What is the total ecliptic surface area of 25,000,000 space asteroids according to these graph from a faraway perspective, i.e the toatl 2D area if we simplify asteroids to faraway disks? It's to know if all the asteroids cover more of the horizon than the moon. Currently I have it as 1-5 times the 2D surface area of the moon(and a lot further away).
What is the figure for the faraway perspective area of all objects from range 50km to .01km?

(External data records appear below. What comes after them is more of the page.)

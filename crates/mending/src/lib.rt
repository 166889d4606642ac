// A mailed permit file mended: the whole file, and the whole list of what was wrong with it.
#![tactic(auto)]

ghost use Rattle.std.specs.Prelude.{◌≡◌, true, ◌<◌, ◌^◌, Some, length};
ghost use Rattle.mending.specs.Mending.{mended_of, is_mended, mending};
ghost use Rattle.mending.specs.Answers.{answer_of, file_lent, list_lent};
ghost use Rattle.mending.specs.Program.{printing, refusal_printed};
ghost use Rattle.mending.specs.Walking.{header_ends, fits, sizes_of, SurelyFits};

use forms::refusals::Refusal;
use header::Ends;

mod header; // header.rt: the first three lines
mod walking; // walking.rt: the lines after them

// How long the mended file and the list are.
#[derive(Clone, Copy)]
pub struct Lengths {
    pub file: usize,
    pub list: usize,
}

// Whether a file of so many bytes surely fits, whatever is in it (the laws file_room_lem and list_room_lem): then nothing need be measured.
fn surely_fits(size: usize, room: Lengths) -> bool
    requires { size < 2 ^ 63 }
    ensures { result ≡ true → SurelyFits size room }
{
    size <= 100000 && 11 * size <= room.list && size + size / 72 + 9 <= room.file
}

// Whether a file with a good header fits in the outputs' room.
// That e has the ends of this file's texts stands in two contracts here, as in header.rt, and for its reason: a type for both would hold a reference to the file.
fn has_room(file: &[u8], e: Ends, room: Lengths) -> bool
    requires file_value { header_ends file.now ≡ Some e }
    requires file_value_2 { (is_mended file.now ≡ true) × ((room.file < 2 ^ 63) × (room.list < 2 ^ 63)) }
    ensures { result ≡ fits (sizes_of (mended_of file.now)) room }
{
    if surely_fits(file.len(), room) {
        return true;
    }
    walking::measure(file, e.third + 1, header::header_sizes(file, e), room).is_ok()
}

// Mends a file by its first three lines; nothing is written where it does not fit.
fn mend_headed(file: &[u8], e: Ends, out: &mut [u8], list: &mut [u8]) -> Result<Lengths, Refusal>
    requires { header_ends file.now ≡ Some e }
    ensures { (result ≡ answer_of (mending file.now (length out.old) (length list.old)))
        × ((out.new ≡ file_lent (mending file.now (length out.old) (length list.old)) out.old)
        × (list.new ≡ list_lent (mending file.now (length out.old) (length list.old)) list.old)) }
{
    if !header::is_good(file, e) {
        return Err(Refusal::Shape);
    }
    let room = Lengths {
        file: out.len(),
        list: list.len(),
    };
    if !has_room(file, e, room) {
        return Err(Refusal::Room);
    }
    let at = header::put_header(file, e, out, list);
    walking::walk(file, e.third + 1, out, list, at, room)
}

// Mends a file: the mended file and the list stand at their outputs' starts, and it answers how long they are; or the refusal, with nothing written.
pub fn mend(file: &[u8], out: &mut [u8], list: &mut [u8]) -> Result<Lengths, Refusal>
    ensures { (result ≡ answer_of (mending file.now (length out.old) (length list.old)))
        × ((out.new ≡ file_lent (mending file.now (length out.old) (length list.old)) out.old)
        × (list.new ≡ list_lent (mending file.now (length out.old) (length list.old)) list.old)) }
{
    let Some(e) = header::header_ends(file) else {
        return Err(Refusal::Shape);
    };
    mend_headed(file, e, out, list)
}

// Puts a refusal in words into the list.
fn put_refusal(list: &mut [u8], words: &[u8]) -> Result<Lengths, Refusal>
    ensures { (result ≡ answer_of (refusal_printed words.now (length list.old)))
        × (list.new ≡ list_lent (refusal_printed words.now (length list.old)) list.old) }
{
    if list.len() < words.len() {
        return Err(Refusal::Room);
    }
    text::writing::put_text(list, 0, words);
    Ok(Lengths {
        file: 0,
        list: words.len(),
    })
}

// What the program mend prints for an input: the mended file, and the list or the refusal in words.
pub fn print(input: &[u8], out: &mut [u8], list: &mut [u8]) -> Result<Lengths, Refusal>
    ensures { (result ≡ answer_of (printing input.now (length out.old) (length list.old)))
        × ((out.new ≡ file_lent (printing input.now (length out.old) (length list.old)) out.old)
        × (list.new ≡ list_lent (printing input.now (length out.old) (length list.old)) list.old)) }
{
    if 65536 < input.len() {
        return put_refusal(list, b"refused 103\n");
    }
    match mend(input, out, list) {
        Ok(size) => Ok(size),
        Err(Refusal::Shape) => put_refusal(list, b"refused 12\n"),
        Err(refusal) => Err(refusal),
    }
}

You need to define what you are trying to calculate. From covering the horizon it sounds like you want to add up the angular diameters of all the asteroids. This would be assuming they are all lined up on the horizon without overlap and asking how much of the circle they cover. The data given is good on the population at each size, so we just need to use the distance to the asteroids. The figure of semi-major axes from [Wikipedia][1] shows the main belt asteroids average about $2.7$ AU $\approx 4\cdot 10^8$ km. We can use this as the distance from earth, though it will vary depending on whether the asteroid is on the same side of the sun as us. The figure you link shows $600k$ asteroids between $1$ and $3$ km, so they occupy about $6\cdot 10^5\frac 2{4\cdot 10^8}\approx 3\cdot 10^{-3}$ radian. You can go through the rest of the data points on the figure and add them up. By comparison, the moon occupies about $\frac {3400}{380000}\approx 9\cdot 10^{-3}$ radian as seen from earth, so we are $1/3$ of the way there with this bin alone.